Whenever the sex-fire glows through, it will kindle an answer somewhere or other. It may only kindle a sense of warmth and optimism. Then you say: I like that girl, she's a real good sort.

It may kindle a glow that makes the world look kindlier, and life feel better. Then you say: She's an attractive woman; by Jove, I like her. Or she may rouse a flame that lights up her own face first, before it lights up the universe. Then you say: She's a lovely woman. She looks lovely to me.

Let's say no more.

It takes a rare woman to rouse a real sense of loveliness. It is not that a woman is born beautiful. We say that to escape our own poor, bruised, clumsy understanding of beauty. There have been thousands and thousands of women quite as good-looking as Diane de Poictiers or Mrs. Langtry or any of the famous ones. There are today thousands and thousands of superbly good-looking women. But how few lovely women!

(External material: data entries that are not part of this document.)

//! Reads what a text in link-format lists.
ghost use Rattle.std.specs.Prelude.{◌≡◌, ◌≤◌, ◌++◌, length, drop, codes, bytes_eq, IfOk, option_map, None};
ghost use Rattle.std.specs.Option.{option_and_then};
ghost use Rattle.timemap_formats.specs.Listing.{clean_at, before, second_at, ends_of, memento_row, page_row};
ghost use Rattle.text_fields.specs.Parts.{behind};
ghost use Rattle.timemap_formats.specs.Listing.{row_of, rows_of, base_at, place_at, head_by, head_of};
ghost use Rattle.timemap_formats.specs.Listing.{listing_below, listing_of, Lists};

use crate::listing::{Ends, Head, Listing, PageLink, Row};
use link_format::{LinkFault, LinkRef, Links, read_links};
use memento_time::{Clean, CleanFault, DateReader, Items, Memento, Moment, NoMemory};
use std::alloc::Global;
use text_fields::behind;

/// How many links are the head of a listing.
const HEAD: usize = 3;

/// A copy of the text, if it is clean.
fn clean_at(alloc: Global, text: &[u8]) -> Result<Option<Clean>, NoMemory>
    ensures { IfOk result (λ clean. clean ≡ clean_at text.now) }
{
    match Clean::new(alloc, text) {
        Ok(clean) => Ok(Some(clean)),
        Err(CleanFault::NotClean) => Ok(None),
        Err(CleanFault::NoMemory) => Err(NoMemory),
    }
}

/// What comes before the end, if the text ends with it.
fn before<'a>(end: &[u8], text: &'a [u8]) -> Option<&'a [u8]>
    ensures { option_map (λ front. front.now) result ≡ before end.now text.now }
{
    let from = text.len().saturating_sub(end.len());
    let (front, rest) = text.split_at(from);
    if rest == end { Some(front) } else { None }
}

/// The moment that the link's first parameter of this name says.
fn second_at(
    dates: &mut DateReader,
    name: &[u8],
    link: &LinkRef<'_>,
) -> Result<Option<Moment>, NoMemory>
    ensures { IfOk result (λ second. second ≡ second_at name.now link.now) }
{
    match link.value_ref(name)? {
        Some(text) => Ok(dates.read(&text)),
        None => Ok(None),
    }
}

/// Which of all a memento with these relation types is.
fn ends_of(relations: &[u8]) -> Option<Ends>
    ensures { result ≡ ends_of relations.now }
{
    if relations == b"memento".as_slice() {
        return Some(Ends {
            first: false,
            last: false,
        });
    }
    if relations == b"first memento".as_slice() {
        return Some(Ends {
            first: true,
            last: false,
        });
    }
    if relations == b"last memento".as_slice() {
        return Some(Ends {
            first: false,
            last: true,
        });
    }
    if relations == b"first last memento".as_slice() {
        return Some(Ends {
            first: true,
            last: true,
        });
    }
    None
}

/// What follows the front, if the text begins with it and the rest is clean.
fn clean_behind(alloc: Global, front: &[u8], text: &[u8]) -> Result<Option<Clean>, NoMemory>
    ensures { IfOk result (λ place. place ≡ option_and_then clean_at (behind front.now text.now)) }
{
    match behind(front, text) {
        Some(rest) => clean_at(alloc, rest),
        None => Ok(None),
    }
}

/// The memento of a link.
fn memento_row(
    alloc: Global,
    dates: &mut DateReader,
    ends: Option<Ends>,
    link: &LinkRef<'_>,
) -> Result<Option<Row>, NoMemory>
    ensures { IfOk result (λ row. row
        ≡ memento_row ends (second_at (codes "datetime") link.now) (clean_at link.now.target)) }
{
    let Some(ends) = ends else {
        return Ok(None);
    };
    let Some(at) = second_at(dates, b"datetime", link)? else {
        return Ok(None);
    };
    let Some(uri) = clean_at(alloc, link.target())? else {
        return Ok(None);
    };
    Ok(Some(Row::OfMemento(ends, Memento { at, uri })))
}

/// The page of a link whose address begins with the front.
fn page_row(
    alloc: Global,
    dates: &mut DateReader,
    front: &[u8],
    link: &LinkRef<'_>,
) -> Result<Option<Row>, NoMemory>
    ensures { IfOk result (λ row. row
        ≡ page_row (option_and_then clean_at (behind front.now link.now.target))
        (second_at (codes "from") link.now) (second_at (codes "until") link.now)) }
{
    let Some(place) = clean_behind(alloc, front, link.target())? else {
        return Ok(None);
    };
    let Some(from) = second_at(dates, b"from", link)? else {
        return Ok(None);
    };
    let Some(until) = second_at(dates, b"until", link)? else {
        return Ok(None);
    };
    Ok(Some(Row::OfPage(PageLink { place, from, until })))
}

fn is_timemap(relations: &[u8]) -> bool
    ensures { result ≡ bytes_eq relations.now (codes "timemap") }
{
    relations == b"timemap".as_slice()
}

/// What a link below the head lists.
#[tactic(auto, unfolding(crate::specs::Listing::row_of))]
fn row_of(
    alloc: Global,
    dates: &mut DateReader,
    front: &[u8],
    link: &LinkRef<'_>,
) -> Result<Option<Row>, NoMemory>
    ensures { IfOk result (λ row. row ≡ row_of front.now link.now) }
{
    let Some(relations) = link.value_ref(b"rel")? else {
        return Ok(None);
    };
    if is_timemap(&relations) {
        return page_row(alloc, dates, front, link);
    }
    memento_row(alloc, dates, ends_of(&relations), link)
}

/// What the links below the head list, if each lists something.
fn rows_of(alloc: Global, front: &[u8], links: &Links<'_>) -> Result<Option<Vec<Row>>, NoMemory>
    requires { 3 ≤ length links.now }
    ensures { IfOk result (λ rows. option_map (λ rows. rows.items) rows ≡ rows_of front.now (drop 3 links.now)) }
{
    let count = links.len();
    let mut rows = Vec::with_capacity(alloc, count - HEAD)?;
    let mut dates = DateReader::new();
    for k in HEAD..count {
        let row = row_of(alloc, &mut dates, front, &links.link(k))?;
        match row {
            Some(row) => rows.push(row)?,
            None => return Ok(None),
        }
    }
    Ok(Some(rows))
}

/// One text after the other.
fn joined(alloc: Global, first: &[u8], second: &[u8]) -> Result<Vec<u8>, NoMemory>
    ensures { IfOk result (λ text. text.items ≡ first.now ++ second.now) }
{
    let mut text = Vec::from_slice(alloc, first)?;
    text.extend_from_slice(second)?;
    Ok(text)
}

/// The base at which the original's TimeGate stands.
fn base_at(alloc: Global, original: &[u8], gate: &[u8]) -> Result<Option<Clean>, NoMemory>
    ensures { IfOk result (λ base. base ≡ base_at original.now gate.now) }
{
    let end = joined(alloc, b"/timegate/", original)?;
    match before(&end, gate) {
        Some(front) => clean_at(alloc, front),
        None => Ok(None),
    }
}

/// What the text's own address has behind the front.
fn place_at(alloc: Global, base: &Clean, itself: &[u8]) -> Result<Option<Clean>, NoMemory>
    ensures { IfOk result (λ place. place ≡ place_at base.now itself.now) }
{
    let front = joined(alloc, base.as_bytes(), b"/timemap/link/")?;
    clean_behind(alloc, &front, itself)
}

/// The head below a base.
fn head_by(
    alloc: Global,
    base: Clean,
    original: &[u8],
    itself: &[u8],
) -> Result<Option<Head>, NoMemory>
    ensures { IfOk result (λ head. head ≡ head_by base (clean_at original.now) (place_at base itself.now)) }
{
    let Some(original) = clean_at(alloc, original)? else {
        return Ok(None);
    };
    let Some(place) = place_at(alloc, &base, itself)? else {
        return Ok(None);
    };
    Ok(Some(Head {
        base,
        original,
        place,
    }))
}

/// What the targets of the first three links name.
#[tactic(auto, unfolding(crate::specs::Listing::head_of))]
fn head_of(
    alloc: Global,
    original: &[u8],
    gate: &[u8],
    itself: &[u8],
) -> Result<Option<Head>, NoMemory>
    ensures { IfOk result (λ head. head ≡ head_of original.now gate.now itself.now) }
{
    match base_at(alloc, original, gate)? {
        Some(base) => head_by(alloc, base, original, itself),
        None => Ok(None),
    }
}

/// What the links below a head list, if there is one.
fn listing_below(
    alloc: Global,
    head: Option<Head>,
    links: &Links<'_>,
) -> Result<Option<Listing>, NoMemory>
    requires { 3 ≤ length links.now }
    ensures { IfOk result (λ listing. listing ≡ listing_below head (drop 3 links.now)) }
{
    let Some(head) = head else {
        return Ok(None);
    };
    let front = joined(alloc, head.base.as_bytes(), b"/timemap/link/")?;
    match rows_of(alloc, &front, links)? {
        Some(rows) => Ok(Some(Listing {
            head,
            rows: Items::of(rows),
        })),
        None => Ok(None),
    }
}

/// What the links list.
#[tactic(auto, using(crate::proofs::ReadingLemmas::listing_few))]
fn listing_of(alloc: Global, links: &Links<'_>) -> Result<Option<Listing>, NoMemory>
    ensures { IfOk result (λ listing. listing ≡ listing_of links.now) }
{
    if links.len() < HEAD {
        return Ok(None);
    }
    let original = links.target(0);
    let gate = links.target(1);
    let itself = links.target(2);
    let head = head_of(alloc, original, gate, itself)?;
    listing_below(alloc, head, links)
}

/// Nothing is listed by a text with a fault, unless memory was refused.
fn refused(fault: LinkFault) -> Result<Option<Listing>, NoMemory>
    ensures { IfOk result (λ listing. (fault ≡ LinkFault.NoMemory → ⊥) × (listing ≡ None)) }
{
    match fault {
        LinkFault::NoMemory => Err(NoMemory),
        _ => Ok(None),
    }
}

/// What a TimeMap, the index of its pages or a page in link-format lists. `None` if the text isn't link-format within
/// the limits of `read_links`, or isn't such a text.
///
/// Takes time and memory in proportion to the text.
pub fn read_listing(alloc: Global, text: &[u8]) -> Result<Option<Listing>, NoMemory>
    ensures { IfOk result (Lists text.now) }
{
    match read_links(alloc, text) {
        Ok(links) => listing_of(alloc, &links),
        Err(fault) => refused(fault),
    }
}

And why? Because of the failure of their sex appeal. A good-looking woman becomes lovely when the fire of sex rouses pure and fine in her, and flickers through her face and touches the fire in our hearts. Then she becomes a lovely woman, then she is, in the living flesh, a lovely woman: not a mere photograph of one. And how lovely a lovely woman! But alas! how rare! How bitterly rare, in a world full of handsome girls and women!

Handsome, good-looking, but not lovely, not beautiful. Handsome and good-looking women are the women with good features and the right hair. But a lovely woman is an experience. It is a question of communicated fire. It is a question of sex appeal, in our poor, delapidated modern phraseology. Sex appeal!—applied to Diane de Poictiers!—or even, in the lovely hours, to one's wife! Why is it a libel and a slander in itself.

There is, of course, the other side of sex appeal—it can be the destruction of the one appealed to. When a woman starts using her sex appeal to her own advantage, it is usually a bad moment for some poor devil. But this side of sex appeal has been overworked lately, so it is not nearly as dangerous as it was. The sex-appealing courtesans who ruined so many men in Balzac's novels no longer find it smooth running. Men have grown canny. In fact, they are inclined to think they smell a rat the moment they feel the a-little-too-obvious touch of feminine sex appeal.

Which is a pity, for sex appeal is only a dirty name for a bit of life-flame. No man works so well and so successfully, as when some woman has kindled a little fire in his veins. No woman does her work at home with real joy unless she is in love—and of course, a woman may go on being quietly in love for fifty years, almost without knowing it. If only our civilisation had taught us how to let sex appeal flow properly and subtly, how to keep the fire of sex clear and alive, flickering or glowing or blazing in all its varying degrees of strength and communication, we might all of us have lived all our lives in love, which means kindled and full of zest, in all kinds of ways and for all kinds of things. Whereas, what a lot of dead ash there is in our lives at present!